Morels
Treasures that Spring from Scorched Earth
Story and Photos by Anthony Tassinnello
The gunshots rarely alarm me anymore, nor do the falling timber, speeding 4-wheelers, brown bears, giant masticating machines, icy creeks, relentless sun, or rattlesnakes, though I tend to take them all seriously. Ironically, I’ll need to stay close to these things to bring home Friday night dinner. However, it’s the altitude that always does me in: Lack of oxygen does funny things to the mind and the ability to reason.

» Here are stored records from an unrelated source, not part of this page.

//! The list and its calls.

ghost use Rattle.std.specs.Prelude.{◌≡◌, ◌<◌, ◌≤◌, ◌^◌, ◌++◌, ◌∷◌, [], length, slice_get, option_copied, List, IfOk};
ghost use Rattle.std.specs.Prelude.{MatchOption, OnOk, OnErr};
ghost use Rattle.graph_types.specs.declared.batches.NamedOp.{NamedOp};
ghost use Rattle.graph_version.specs.Batches.{batch_value};
ghost use Rattle.graph_version.specs.BatchHalls.{in_halls, AreHalls};

use crate::batch_hall::BatchHall;
use graph_types::Batch;
use std::alloc::{AllocError, Global};
use std::marker::Model;
use std::sync::Arc;

/// How many batches stand in one hall.
const HALL: usize = 8_192;

/// Batches in order, in halls of 8,192 that copies share.
pub struct BatchList {
    len: usize,
    halls: Vec<Arc<BatchHall>>,
}

// Written by hand: who lets one go rests on this function, and not on how each part is let go.
impl Drop for BatchList {
    fn drop(self) {
        let BatchList {
            len: _len,
            halls: _halls,
        } = self;
    }
}

impl Model for BatchList {
    ghost use Rattle.std.specs.Prelude.{◌≡◌, ◌<◌, ◌^◌, List, length};
    ghost use Rattle.graph_types.specs.declared.batches.NamedOp.{NamedOp};
    ghost use Rattle.graph_version.specs.BatchHalls.{in_halls, AreHalls};

    ghost Value = { List (List NamedOp) };

    ghost view = { λ list. in_halls list.halls.items };

    ghost invariant = { λ list. (length (in_halls list.halls.items) ≡ list.len) × AreHalls list.halls.items
        × (list.len < 2 ^ 64) };
}

impl BatchList {
    ghost use Rattle.graph_version.specs.BatchLending.{batches_left};

    /// A list without batches. It takes no memory.
    pub fn new(alloc: Global) -> BatchList
        ensures { result ≡ [] }
    {
        BatchList {
            len: 0,
            halls: Vec::new(alloc),
        }
    }

    /// How many batches there are.
    pub fn len(&self) -> usize
        ensures { result ≡ length self.now }
    {
        self.len
    }

    /// The batch at a place, if there are more batches than that.
    pub fn get(&self, place: usize) -> Option<&Batch>
        ensures batch { option_copied result ≡ slice_get self.now place }
        ensures few { length self.now < 2 ^ 64 }
    {
        self.halls.get(place / HALL)?.get(place % HALL)
    }

    /// The last batch.
    pub fn last(&self) -> Option<&Batch>
        ensures { MatchOption result (self.now ≡ []) (λ b. (others : List (List NamedOp)) × (self.now ≡ others ++ b.now ∷ [])) }
    {
        let place = self.len.checked_sub(1)?;
        self.get(place)
    }

    /// Lends the batches in order.
    pub fn iter(&self) -> BatchIter<'_>
        ensures { batches_left result ≡ self.now }
    {
        BatchIter {
            batches: self,
            place: 0,
        }
    }

    /// Adds a batch at the end: one page and the references of its group and hall are made or copied, and all else is
    /// shared. After a refused growth the list is as before.
    pub fn push(&mut self, batch: Arc<Batch>) -> Result<(), AllocError>
        requires { length self.old < 2 ^ 32 }
        ensures pushed { OnOk result (self.new ≡ self.old ++ batch_value batch ∷ []) }
        ensures unchanged { OnErr result (self.new ≡ self.old) }
    {
        let alloc = *self.halls.allocator();
        add_to_halls(alloc, &mut self.halls, self.len, batch)?;
        self.len += 1;
        Ok(())
    }

    /// An equal list, all of whose halls are shared: one reference for each 8,192 batches.
    pub fn share(&self) -> Result<BatchList, AllocError>
        ensures { IfOk result (λ copy. copy ≡ self.now) }
    {
        Ok(BatchList {
            len: self.len,
            halls: self.halls.clone()?,
        })
    }
}

/// One more batch after the last: in a new hall where all are full, and otherwise in the last hall, or in a copy
/// of it where other lists have it.
fn add_to_halls(
    alloc: Global,
    halls: &mut Vec<Arc<BatchHall>>,
    len: usize,
    batch: Arc<Batch>,
) -> Result<(), AllocError>
    requires len { length (in_halls halls.old.items) ≡ len }
    requires halls { AreHalls halls.old.items }
    ensures added { OnOk result (in_halls halls.new.items ≡ in_halls halls.old.items ++ batch_value batch ∷ []) }
    ensures unchanged { OnErr result (in_halls halls.new.items ≡ in_halls halls.old.items) }
    ensures halls { AreHalls halls.new.items }
{
    if len % HALL == 0 {
        let hall = Arc::new(alloc, BatchHall::of(alloc, batch)?)?;
        halls.push(hall)?;
        return Ok(());
    }
    Arc::make_mut(&mut halls[len / HALL])?.push(batch)
}

/// The batches of a list that are still to be lent, in order.
#[derive(Clone, Drop)]
pub struct BatchIter<'a> {
    batches: &'a BatchList,
    place: usize,
}

impl<'a> Iterator for BatchIter<'a> {
    ghost use Rattle.std.specs.Iterator.{YieldsFirstRef, item_count};
    ghost use Rattle.graph_version.specs.BatchLending.{batches_left};

    type Item = &'a Batch;

    ghost next_gives = { YieldsFirstRef batches_left };

    ghost remaining = { item_count batches_left };

    fn next(&mut self) -> Option<&'a Batch> {
        let batch = self.batches.get(self.place)?;
        self.place += 1;
        Some(batch)
    }
}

And finding morel mushrooms requires the ability to reason.
When the high Sierra snowpack begins to melt, it kicks into gear a complex course of nature that many gastronomes relish. West of the Continental Divide we have our foodie treasure equivalent to ramps, the elusive eastern wild leeks of spring. Here we have the black morel. These delicacies are commonly hunted in the California springtime by voracious pleasure-seekers and obsessed, eternally optimistic driving enthusiasts alike. The longer days of sunshine, milder temperatures and unmistakable hand of man can all add up to a workout at 6500 feet. The difference between filling your basket with smoky, piney, fresh “merkles” or just an empty-handed zigzagging drive through the high country can be a matter of timing, luck, and perseverance.
Through the dry months of summer and early fall, nature runs its course and cleanses Western forests with natural wildfires caused by lightning strikes. With a little luck, a thick blanket of snow and the inevitable spring thaw produces an annual morel crop that finds its way to Bay Area diner tables.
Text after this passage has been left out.